Problem requirements
For the material below, count the lines containing "outside" and reply with the number alone.

Input material
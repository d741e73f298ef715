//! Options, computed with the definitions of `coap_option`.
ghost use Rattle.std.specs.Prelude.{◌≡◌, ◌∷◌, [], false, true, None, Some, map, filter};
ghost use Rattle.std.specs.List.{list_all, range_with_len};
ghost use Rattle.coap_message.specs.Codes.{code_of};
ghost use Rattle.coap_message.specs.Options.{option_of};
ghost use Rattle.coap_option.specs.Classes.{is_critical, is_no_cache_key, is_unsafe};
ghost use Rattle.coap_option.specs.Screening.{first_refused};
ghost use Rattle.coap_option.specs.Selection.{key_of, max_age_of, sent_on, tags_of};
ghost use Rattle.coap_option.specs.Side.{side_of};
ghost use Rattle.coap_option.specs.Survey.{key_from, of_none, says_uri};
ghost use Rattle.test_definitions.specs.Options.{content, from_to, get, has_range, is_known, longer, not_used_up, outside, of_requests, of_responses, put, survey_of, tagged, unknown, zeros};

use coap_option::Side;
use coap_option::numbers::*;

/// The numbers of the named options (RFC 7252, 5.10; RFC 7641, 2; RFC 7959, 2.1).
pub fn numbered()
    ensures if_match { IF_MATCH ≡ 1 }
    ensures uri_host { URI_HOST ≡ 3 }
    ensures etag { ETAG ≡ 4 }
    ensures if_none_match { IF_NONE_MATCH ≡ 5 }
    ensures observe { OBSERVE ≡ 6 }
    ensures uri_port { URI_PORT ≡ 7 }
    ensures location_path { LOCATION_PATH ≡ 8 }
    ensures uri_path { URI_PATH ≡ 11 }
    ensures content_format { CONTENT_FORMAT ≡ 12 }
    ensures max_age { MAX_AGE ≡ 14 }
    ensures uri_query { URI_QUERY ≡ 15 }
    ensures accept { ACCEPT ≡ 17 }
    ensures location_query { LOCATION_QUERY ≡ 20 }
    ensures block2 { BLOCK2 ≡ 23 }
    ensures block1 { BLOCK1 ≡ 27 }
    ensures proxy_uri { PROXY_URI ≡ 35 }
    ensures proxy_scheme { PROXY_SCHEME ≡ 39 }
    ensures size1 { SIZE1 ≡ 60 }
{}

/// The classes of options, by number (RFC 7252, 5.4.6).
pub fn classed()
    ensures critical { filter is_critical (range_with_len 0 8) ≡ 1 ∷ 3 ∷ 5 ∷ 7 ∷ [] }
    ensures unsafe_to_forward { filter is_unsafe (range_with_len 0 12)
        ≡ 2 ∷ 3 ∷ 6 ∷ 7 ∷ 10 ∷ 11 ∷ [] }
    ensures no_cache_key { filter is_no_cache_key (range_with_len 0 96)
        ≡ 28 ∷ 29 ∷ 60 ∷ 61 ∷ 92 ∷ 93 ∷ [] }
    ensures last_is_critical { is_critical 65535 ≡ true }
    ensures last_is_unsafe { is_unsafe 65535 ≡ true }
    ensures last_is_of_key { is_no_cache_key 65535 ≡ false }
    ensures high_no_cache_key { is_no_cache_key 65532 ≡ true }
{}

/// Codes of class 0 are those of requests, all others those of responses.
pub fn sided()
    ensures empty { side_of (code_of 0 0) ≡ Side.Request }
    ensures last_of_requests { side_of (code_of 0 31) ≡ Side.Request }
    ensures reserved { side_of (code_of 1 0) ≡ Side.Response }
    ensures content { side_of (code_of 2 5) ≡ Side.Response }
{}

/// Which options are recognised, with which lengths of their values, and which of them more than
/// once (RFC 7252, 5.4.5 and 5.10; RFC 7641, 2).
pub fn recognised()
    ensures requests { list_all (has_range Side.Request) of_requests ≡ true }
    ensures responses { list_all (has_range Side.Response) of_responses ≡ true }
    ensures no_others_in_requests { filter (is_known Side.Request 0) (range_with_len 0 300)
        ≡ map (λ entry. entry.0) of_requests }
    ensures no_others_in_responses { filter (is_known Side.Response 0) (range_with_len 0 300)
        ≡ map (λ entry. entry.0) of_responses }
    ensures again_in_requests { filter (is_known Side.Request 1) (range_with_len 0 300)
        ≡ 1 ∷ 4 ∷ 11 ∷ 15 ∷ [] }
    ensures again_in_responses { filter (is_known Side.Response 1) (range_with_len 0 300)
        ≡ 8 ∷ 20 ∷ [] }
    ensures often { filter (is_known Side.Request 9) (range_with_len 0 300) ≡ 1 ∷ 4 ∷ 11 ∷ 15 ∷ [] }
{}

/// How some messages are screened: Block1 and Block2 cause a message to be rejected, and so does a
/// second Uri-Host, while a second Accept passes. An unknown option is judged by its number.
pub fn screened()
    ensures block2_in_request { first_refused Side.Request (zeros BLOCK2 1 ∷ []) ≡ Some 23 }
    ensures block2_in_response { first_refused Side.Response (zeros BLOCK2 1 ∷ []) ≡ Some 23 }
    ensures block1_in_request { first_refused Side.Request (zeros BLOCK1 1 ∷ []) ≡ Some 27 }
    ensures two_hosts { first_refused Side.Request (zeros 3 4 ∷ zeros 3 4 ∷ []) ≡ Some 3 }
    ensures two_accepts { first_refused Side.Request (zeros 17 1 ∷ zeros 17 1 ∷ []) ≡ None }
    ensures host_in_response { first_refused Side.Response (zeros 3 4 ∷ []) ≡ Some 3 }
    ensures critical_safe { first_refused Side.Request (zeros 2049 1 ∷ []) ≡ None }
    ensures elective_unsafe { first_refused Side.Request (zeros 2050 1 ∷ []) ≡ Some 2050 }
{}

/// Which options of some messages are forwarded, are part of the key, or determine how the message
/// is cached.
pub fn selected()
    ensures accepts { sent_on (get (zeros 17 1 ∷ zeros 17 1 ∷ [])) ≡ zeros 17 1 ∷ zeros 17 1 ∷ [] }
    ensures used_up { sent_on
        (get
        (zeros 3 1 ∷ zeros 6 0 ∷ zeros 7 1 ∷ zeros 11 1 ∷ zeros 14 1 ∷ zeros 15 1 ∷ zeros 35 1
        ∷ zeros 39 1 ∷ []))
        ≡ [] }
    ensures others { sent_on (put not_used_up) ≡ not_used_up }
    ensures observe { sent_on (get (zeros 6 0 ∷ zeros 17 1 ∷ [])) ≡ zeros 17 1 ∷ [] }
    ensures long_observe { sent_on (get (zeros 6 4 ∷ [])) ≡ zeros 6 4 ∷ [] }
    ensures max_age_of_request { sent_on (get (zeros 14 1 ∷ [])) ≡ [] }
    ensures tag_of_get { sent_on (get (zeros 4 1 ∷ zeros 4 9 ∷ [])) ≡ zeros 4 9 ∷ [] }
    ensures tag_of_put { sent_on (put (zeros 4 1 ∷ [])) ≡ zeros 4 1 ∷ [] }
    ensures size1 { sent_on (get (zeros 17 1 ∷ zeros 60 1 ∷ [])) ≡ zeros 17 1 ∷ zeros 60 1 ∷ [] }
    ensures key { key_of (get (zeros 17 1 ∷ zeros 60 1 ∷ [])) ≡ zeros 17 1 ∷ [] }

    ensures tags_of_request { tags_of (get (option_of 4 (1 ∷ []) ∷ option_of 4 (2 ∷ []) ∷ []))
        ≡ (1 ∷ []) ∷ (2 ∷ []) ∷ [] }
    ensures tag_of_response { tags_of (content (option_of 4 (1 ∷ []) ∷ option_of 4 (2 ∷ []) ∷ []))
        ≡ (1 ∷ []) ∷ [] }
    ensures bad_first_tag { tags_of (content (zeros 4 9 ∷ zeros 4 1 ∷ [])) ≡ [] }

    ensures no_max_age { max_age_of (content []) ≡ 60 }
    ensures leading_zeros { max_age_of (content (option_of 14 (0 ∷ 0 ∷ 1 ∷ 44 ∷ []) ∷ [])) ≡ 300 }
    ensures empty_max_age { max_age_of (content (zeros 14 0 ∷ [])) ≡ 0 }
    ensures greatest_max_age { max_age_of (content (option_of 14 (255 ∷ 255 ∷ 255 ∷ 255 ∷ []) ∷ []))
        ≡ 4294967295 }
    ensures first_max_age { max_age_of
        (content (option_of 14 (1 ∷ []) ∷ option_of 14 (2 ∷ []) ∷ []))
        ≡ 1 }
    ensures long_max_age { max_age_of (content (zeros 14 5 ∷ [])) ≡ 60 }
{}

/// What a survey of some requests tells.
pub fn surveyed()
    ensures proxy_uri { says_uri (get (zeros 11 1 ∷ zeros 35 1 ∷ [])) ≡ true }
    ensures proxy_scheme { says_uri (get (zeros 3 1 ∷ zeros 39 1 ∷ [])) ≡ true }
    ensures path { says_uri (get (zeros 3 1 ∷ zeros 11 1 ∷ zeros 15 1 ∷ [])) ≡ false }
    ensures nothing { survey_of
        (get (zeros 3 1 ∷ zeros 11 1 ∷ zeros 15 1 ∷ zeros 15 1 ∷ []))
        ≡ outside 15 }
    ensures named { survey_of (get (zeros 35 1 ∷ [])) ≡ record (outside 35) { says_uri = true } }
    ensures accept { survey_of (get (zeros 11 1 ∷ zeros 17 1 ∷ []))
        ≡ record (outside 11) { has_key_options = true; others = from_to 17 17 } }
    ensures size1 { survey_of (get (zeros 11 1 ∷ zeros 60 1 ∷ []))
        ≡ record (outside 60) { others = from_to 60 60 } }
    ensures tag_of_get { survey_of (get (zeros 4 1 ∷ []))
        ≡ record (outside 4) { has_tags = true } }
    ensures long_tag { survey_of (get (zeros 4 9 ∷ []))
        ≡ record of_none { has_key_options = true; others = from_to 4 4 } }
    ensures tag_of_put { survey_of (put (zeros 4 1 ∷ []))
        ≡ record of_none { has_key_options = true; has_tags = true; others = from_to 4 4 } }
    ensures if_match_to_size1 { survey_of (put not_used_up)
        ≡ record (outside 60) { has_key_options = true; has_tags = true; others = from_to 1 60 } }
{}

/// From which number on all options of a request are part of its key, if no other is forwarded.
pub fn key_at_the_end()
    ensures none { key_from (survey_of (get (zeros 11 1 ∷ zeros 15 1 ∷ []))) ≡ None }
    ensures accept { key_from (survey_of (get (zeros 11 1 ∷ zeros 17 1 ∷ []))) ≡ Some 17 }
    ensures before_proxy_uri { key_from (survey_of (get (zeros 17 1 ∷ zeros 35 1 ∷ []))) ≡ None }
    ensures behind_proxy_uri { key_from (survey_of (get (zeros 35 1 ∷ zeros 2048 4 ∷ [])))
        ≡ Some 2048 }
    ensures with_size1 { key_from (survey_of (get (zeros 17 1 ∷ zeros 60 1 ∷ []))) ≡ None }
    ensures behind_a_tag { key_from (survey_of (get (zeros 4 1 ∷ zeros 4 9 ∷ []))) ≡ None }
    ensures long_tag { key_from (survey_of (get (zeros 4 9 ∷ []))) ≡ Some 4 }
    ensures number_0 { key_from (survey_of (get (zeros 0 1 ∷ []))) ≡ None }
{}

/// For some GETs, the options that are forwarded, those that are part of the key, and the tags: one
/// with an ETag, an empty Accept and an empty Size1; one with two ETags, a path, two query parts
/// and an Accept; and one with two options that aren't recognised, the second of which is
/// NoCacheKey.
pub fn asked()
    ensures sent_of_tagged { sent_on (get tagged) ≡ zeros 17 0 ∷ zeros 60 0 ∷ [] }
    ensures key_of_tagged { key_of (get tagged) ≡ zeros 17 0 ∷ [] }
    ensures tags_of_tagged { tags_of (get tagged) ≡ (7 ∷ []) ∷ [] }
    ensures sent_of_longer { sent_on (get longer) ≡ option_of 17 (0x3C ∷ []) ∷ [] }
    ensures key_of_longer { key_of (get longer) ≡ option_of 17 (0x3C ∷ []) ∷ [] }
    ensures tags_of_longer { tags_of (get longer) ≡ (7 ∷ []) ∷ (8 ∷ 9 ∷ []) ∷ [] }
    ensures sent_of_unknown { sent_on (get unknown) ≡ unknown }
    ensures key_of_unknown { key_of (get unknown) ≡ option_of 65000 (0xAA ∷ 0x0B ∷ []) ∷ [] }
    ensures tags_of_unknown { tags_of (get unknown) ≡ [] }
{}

Exercise response
7